[[ DATA PROVIDED, beginning ]]

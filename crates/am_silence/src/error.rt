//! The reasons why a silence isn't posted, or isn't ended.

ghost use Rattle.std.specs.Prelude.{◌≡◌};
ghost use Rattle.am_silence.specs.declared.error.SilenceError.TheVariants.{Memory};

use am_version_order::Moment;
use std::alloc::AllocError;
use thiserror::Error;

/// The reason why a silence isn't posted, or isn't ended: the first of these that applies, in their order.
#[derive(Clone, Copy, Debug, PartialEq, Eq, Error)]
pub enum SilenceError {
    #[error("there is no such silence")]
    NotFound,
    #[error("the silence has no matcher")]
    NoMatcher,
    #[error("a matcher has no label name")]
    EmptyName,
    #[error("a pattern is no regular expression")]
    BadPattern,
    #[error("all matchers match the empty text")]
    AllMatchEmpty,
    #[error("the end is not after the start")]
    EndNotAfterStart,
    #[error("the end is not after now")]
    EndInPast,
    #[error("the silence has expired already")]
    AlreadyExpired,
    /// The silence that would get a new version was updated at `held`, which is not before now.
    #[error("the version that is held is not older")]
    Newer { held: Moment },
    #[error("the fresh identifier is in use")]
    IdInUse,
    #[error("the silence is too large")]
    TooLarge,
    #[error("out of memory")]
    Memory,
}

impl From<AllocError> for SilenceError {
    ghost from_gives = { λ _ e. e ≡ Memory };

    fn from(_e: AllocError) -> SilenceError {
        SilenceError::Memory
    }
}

[[ DATA PROVIDED, end ]]

• PROBLEM REQUIREMENTS:
What's wanted is each line above, transcribed with nothing altered.

• ANSWER SECTION:
filename crates/am_silence/src/error.rt
//! The reasons why a silence isn't posted, or isn't ended.

ghost use Rattle.std.specs.Prelude.{◌≡◌};
ghost use Rattle.am_silence.specs.declared.error.SilenceError.TheVariants.{Memory};

use am_version_order::Moment;
use std::alloc::AllocError;
use thiserror::Error;

/// The reason why a silence isn't posted, or isn't ended: the first of these that applies, in their order.
#[derive(Clone, Copy, Debug, PartialEq, Eq, Error)]
pub enum SilenceError {
    #[error("there is no such silence")]
    NotFound,
    #[error("the silence has no matcher")]
    NoMatcher,
    #[error("a matcher has no label name")]
    EmptyName,
    #[error("a pattern is no regular expression")]
    BadPattern,
    #[error("all matchers match the empty text")]
    AllMatchEmpty,
    #[error("the end is not after the start")]
    EndNotAfterStart,
    #[error("the end is not after now")]
    EndInPast,
    #[error("the silence has expired already")]
    AlreadyExpired,
    /// The silence that would get a new version was updated at `held`, which is not before now.
    #[error("the version that is held is not older")]
    Newer { held: Moment },
    #[error("the fresh identifier is in use")]
    IdInUse,
    #[error("the silence is too large")]
    TooLarge,
    #[error("out of memory")]
    Memory,
}

impl From<AllocError> for SilenceError {
    ghost from_gives = { λ _ e. e ≡ Memory };

    fn from(_e: AllocError) -> SilenceError {
        SilenceError::Memory
    }
}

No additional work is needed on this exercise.